═══ EXERCISE INPUTS

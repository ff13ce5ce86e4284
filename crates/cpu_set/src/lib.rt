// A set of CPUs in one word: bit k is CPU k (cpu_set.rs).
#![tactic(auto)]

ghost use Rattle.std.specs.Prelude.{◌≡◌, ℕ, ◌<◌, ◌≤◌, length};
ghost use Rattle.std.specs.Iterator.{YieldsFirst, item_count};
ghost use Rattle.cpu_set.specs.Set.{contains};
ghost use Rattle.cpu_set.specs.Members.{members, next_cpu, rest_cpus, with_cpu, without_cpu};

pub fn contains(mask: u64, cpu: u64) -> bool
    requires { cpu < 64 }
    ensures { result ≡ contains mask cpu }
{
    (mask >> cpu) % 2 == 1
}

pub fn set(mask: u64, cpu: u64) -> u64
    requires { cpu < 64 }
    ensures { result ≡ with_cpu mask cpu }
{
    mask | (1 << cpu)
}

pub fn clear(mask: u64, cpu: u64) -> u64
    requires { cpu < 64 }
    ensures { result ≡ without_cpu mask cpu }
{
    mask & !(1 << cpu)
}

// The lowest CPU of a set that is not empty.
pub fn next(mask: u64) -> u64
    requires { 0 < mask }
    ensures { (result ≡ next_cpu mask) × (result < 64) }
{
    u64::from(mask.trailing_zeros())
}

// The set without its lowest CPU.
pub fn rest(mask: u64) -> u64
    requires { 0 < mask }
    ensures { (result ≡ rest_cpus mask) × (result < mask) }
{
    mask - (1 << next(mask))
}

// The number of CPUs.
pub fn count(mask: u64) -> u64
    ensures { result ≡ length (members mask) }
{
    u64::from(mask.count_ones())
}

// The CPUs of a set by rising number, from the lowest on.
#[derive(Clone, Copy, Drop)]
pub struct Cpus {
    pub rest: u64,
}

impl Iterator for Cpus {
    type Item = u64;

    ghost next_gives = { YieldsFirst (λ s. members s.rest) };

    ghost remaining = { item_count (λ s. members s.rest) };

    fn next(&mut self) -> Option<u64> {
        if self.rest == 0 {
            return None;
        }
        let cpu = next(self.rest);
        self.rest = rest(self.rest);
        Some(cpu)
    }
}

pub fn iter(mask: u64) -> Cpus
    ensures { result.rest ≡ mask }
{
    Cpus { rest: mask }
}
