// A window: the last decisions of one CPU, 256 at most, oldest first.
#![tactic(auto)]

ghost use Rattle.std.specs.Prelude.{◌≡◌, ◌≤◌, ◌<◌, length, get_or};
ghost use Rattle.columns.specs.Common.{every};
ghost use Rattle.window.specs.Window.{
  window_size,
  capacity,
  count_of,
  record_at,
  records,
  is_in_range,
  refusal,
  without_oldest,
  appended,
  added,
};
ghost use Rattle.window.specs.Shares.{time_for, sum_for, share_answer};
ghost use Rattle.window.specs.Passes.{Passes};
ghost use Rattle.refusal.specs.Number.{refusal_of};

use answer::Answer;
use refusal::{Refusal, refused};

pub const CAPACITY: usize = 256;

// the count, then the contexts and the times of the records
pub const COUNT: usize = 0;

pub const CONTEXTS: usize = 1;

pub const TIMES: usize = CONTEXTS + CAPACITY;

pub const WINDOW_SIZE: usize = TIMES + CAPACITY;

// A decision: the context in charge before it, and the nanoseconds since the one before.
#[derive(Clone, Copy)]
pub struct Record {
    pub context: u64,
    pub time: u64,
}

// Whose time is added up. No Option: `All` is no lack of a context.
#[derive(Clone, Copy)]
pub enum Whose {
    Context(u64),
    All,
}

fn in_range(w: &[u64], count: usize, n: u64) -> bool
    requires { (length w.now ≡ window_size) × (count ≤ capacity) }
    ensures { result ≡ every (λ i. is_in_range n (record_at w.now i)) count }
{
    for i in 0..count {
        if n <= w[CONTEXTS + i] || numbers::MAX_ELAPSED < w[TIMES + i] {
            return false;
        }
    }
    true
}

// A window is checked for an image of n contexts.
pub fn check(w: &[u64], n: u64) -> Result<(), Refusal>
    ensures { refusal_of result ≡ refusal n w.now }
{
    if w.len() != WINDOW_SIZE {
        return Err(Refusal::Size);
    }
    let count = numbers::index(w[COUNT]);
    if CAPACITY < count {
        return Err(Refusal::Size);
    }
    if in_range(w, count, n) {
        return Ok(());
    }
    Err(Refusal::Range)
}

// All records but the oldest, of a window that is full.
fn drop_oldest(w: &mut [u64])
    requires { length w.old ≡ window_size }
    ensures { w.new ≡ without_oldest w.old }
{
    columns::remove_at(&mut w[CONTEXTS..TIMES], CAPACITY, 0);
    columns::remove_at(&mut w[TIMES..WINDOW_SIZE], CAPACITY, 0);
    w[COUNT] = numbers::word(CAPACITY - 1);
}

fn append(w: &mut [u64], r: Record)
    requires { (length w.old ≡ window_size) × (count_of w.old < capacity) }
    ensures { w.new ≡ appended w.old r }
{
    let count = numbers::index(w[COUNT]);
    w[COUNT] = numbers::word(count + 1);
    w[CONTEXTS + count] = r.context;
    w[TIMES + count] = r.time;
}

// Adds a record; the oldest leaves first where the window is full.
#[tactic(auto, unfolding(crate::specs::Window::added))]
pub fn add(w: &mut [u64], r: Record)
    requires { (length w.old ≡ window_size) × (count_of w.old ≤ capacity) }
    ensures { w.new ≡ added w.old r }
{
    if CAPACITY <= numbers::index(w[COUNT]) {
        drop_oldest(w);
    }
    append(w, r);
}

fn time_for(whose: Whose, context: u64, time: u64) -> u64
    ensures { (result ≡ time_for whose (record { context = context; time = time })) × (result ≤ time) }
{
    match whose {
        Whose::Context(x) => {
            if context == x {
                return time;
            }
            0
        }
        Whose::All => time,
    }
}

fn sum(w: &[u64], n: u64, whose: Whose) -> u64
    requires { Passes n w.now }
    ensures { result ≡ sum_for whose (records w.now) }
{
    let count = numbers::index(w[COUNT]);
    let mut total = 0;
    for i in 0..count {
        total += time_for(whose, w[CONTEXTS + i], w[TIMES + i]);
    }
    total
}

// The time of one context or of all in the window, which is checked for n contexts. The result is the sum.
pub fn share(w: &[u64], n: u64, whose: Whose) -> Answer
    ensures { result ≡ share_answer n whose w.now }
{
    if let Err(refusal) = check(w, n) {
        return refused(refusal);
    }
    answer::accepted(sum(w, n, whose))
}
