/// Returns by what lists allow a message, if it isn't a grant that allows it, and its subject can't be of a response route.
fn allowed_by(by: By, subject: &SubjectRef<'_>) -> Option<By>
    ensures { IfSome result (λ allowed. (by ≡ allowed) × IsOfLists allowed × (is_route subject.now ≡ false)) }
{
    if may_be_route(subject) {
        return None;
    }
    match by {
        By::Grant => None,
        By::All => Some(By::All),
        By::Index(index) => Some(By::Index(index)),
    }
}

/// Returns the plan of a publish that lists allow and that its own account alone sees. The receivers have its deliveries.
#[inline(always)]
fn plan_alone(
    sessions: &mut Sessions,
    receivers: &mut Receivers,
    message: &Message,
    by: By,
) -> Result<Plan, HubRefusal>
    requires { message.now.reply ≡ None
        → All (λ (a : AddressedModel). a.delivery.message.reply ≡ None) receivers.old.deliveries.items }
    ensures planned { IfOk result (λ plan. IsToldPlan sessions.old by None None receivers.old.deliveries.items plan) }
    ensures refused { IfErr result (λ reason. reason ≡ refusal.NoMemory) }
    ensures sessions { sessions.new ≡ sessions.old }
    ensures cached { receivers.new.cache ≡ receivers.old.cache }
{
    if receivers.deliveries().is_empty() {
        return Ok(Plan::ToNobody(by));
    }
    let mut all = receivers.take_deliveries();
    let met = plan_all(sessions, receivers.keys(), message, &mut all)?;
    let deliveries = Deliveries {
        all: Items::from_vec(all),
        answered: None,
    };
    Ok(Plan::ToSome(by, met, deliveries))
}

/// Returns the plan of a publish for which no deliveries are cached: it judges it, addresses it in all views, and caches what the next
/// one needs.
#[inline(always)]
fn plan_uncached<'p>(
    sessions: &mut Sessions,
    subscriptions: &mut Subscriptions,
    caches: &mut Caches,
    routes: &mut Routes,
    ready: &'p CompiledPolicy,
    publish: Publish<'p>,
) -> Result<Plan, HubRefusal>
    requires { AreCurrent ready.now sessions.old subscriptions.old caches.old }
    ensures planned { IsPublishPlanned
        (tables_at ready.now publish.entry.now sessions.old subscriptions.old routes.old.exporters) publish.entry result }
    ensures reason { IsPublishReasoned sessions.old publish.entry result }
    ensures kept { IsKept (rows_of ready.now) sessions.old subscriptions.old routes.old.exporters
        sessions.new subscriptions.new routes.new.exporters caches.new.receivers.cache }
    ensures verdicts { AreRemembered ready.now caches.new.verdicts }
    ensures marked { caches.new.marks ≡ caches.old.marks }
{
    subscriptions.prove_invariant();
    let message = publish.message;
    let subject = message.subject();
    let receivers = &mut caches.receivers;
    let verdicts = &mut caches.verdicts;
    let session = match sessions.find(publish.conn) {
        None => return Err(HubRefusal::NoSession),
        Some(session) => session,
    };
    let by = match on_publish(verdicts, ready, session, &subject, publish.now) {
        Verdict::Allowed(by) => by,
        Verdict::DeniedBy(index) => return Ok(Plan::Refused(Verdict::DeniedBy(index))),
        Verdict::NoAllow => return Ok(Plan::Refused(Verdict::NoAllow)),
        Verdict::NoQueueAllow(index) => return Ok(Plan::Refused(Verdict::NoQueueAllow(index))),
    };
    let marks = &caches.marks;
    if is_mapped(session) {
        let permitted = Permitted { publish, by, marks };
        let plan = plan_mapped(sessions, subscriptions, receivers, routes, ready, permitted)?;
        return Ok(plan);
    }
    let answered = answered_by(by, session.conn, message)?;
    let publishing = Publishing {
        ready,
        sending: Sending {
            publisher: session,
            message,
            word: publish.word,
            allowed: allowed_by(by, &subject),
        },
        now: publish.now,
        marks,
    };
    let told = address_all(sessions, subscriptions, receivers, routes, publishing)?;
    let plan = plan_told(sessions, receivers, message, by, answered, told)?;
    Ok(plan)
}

══════
═══ EXERCISE INPUTS

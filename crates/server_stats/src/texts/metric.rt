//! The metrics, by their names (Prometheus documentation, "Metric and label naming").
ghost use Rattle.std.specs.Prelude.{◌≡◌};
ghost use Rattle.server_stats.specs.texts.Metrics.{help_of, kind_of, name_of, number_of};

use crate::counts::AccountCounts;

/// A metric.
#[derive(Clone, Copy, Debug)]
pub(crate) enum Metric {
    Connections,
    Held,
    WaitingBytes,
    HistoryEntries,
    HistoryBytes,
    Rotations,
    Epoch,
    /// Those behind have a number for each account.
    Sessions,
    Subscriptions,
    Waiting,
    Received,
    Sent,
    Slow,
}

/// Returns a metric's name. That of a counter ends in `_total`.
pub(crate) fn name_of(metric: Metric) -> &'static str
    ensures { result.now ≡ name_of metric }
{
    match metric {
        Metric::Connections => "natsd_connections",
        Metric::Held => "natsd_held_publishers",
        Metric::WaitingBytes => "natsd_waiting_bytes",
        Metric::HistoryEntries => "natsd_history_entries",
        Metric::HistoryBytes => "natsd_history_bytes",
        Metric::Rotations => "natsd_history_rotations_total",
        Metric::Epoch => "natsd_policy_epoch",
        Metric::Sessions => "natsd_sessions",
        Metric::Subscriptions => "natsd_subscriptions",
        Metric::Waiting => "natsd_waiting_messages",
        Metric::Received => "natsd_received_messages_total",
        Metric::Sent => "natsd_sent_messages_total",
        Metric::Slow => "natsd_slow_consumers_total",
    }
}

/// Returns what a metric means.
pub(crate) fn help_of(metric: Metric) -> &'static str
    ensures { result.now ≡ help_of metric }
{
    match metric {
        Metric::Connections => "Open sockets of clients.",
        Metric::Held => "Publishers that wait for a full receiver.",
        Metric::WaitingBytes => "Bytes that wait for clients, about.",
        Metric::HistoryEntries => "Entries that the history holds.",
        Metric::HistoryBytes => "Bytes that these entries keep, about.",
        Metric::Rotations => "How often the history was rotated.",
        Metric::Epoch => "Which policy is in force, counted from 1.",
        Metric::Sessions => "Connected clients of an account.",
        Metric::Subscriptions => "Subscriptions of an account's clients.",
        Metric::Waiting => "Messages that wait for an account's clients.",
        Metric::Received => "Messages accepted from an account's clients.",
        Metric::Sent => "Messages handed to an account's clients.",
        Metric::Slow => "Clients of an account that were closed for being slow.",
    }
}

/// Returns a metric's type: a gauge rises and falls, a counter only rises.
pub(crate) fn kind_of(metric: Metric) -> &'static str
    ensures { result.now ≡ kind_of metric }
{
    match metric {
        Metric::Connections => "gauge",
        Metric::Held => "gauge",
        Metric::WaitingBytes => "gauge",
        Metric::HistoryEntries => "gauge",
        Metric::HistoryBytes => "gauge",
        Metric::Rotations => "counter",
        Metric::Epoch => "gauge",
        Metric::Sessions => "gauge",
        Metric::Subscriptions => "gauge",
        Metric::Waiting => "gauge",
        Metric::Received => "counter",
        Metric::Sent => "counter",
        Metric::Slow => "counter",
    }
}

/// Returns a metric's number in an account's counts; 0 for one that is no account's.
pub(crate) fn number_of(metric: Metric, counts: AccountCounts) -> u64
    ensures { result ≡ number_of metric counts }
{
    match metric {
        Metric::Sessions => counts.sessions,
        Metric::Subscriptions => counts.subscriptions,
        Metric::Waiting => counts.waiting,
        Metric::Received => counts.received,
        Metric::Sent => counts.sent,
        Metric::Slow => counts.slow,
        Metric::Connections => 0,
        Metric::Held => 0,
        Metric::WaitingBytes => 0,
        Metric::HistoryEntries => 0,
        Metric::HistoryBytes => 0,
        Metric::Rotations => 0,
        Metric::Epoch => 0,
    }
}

══════
═══ EXERCISE INPUTS

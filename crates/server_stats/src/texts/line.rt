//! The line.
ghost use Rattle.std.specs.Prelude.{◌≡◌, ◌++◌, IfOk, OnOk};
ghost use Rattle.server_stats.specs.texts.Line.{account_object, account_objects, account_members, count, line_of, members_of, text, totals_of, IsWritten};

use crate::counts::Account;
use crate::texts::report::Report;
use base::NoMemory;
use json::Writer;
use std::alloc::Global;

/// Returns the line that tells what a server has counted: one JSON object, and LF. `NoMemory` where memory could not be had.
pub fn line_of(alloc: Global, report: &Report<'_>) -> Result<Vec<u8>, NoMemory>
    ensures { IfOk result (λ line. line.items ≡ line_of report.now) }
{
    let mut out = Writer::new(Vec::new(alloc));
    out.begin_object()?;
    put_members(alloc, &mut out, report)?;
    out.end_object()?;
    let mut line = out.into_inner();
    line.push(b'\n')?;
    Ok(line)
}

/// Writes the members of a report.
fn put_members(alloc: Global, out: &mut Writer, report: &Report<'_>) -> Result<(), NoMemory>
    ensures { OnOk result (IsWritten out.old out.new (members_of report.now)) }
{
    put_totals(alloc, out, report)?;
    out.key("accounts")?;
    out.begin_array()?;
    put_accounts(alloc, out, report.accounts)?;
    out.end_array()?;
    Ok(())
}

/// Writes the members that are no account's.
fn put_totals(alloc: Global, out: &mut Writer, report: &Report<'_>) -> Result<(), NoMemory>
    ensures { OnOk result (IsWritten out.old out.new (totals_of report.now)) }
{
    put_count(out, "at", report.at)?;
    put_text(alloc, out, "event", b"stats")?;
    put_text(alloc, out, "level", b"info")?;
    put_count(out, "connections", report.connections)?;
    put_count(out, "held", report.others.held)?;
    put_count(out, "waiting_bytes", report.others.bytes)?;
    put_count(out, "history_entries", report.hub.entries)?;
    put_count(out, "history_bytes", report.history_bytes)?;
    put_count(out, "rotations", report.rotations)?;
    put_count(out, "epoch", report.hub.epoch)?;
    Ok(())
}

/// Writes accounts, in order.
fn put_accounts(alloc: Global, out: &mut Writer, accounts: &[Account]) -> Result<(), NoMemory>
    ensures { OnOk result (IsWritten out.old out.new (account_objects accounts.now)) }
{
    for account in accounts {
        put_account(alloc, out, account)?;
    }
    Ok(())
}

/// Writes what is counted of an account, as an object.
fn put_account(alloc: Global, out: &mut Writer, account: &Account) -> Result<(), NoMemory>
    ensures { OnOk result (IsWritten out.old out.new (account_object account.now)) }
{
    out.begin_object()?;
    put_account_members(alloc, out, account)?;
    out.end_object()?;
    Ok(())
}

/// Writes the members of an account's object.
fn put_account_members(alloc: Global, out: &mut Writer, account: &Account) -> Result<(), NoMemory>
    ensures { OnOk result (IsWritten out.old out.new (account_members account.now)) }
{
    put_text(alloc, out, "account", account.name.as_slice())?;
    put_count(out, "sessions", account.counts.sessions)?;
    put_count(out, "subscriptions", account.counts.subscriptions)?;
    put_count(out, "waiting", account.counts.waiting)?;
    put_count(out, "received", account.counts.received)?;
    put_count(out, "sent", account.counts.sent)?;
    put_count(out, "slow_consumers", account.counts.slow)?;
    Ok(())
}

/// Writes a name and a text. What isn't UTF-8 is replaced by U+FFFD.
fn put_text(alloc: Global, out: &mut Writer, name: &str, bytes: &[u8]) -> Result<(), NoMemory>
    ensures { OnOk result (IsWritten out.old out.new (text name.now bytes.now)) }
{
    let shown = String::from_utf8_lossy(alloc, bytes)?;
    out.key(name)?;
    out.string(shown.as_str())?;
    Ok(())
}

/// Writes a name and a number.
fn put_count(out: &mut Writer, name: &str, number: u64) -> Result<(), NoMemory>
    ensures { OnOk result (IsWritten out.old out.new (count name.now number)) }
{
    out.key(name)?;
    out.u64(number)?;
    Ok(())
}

══════

| INSTRUCTIONS TO FOLLOW |
Copy exactly the stretch of data above from the line with "result ≡ share_answer" through the line with "result (λ plan.", and omit all other lines.

| SOLUTION FOR THIS TASK |
    ensures { result ≡ share_answer n whose w.now }
{
    if let Err(refusal) = check(w, n) {
        return refused(refusal);
    }
    answer::accepted(sum(w, n, whose))
}
/// Returns by what lists allow a message, if it isn't a grant that allows it, and its subject can't be of a response route.
fn allowed_by(by: By, subject: &SubjectRef<'_>) -> Option<By>
    ensures { IfSome result (λ allowed. (by ≡ allowed) × IsOfLists allowed × (is_route subject.now ≡ false)) }
{
    if may_be_route(subject) {
        return None;
    }
    match by {
        By::Grant => None,
        By::All => Some(By::All),
        By::Index(index) => Some(By::Index(index)),
    }
}

/// Returns the plan of a publish that lists allow and that its own account alone sees. The receivers have its deliveries.
#[inline(always)]
fn plan_alone(
    sessions: &mut Sessions,
    receivers: &mut Receivers,
    message: &Message,
    by: By,
) -> Result<Plan, HubRefusal>
    requires { message.now.reply ≡ None
        → All (λ (a : AddressedModel). a.delivery.message.reply ≡ None) receivers.old.deliveries.items }
    ensures planned { IfOk result (λ plan. IsToldPlan sessions.old by None None receivers.old.deliveries.items plan) }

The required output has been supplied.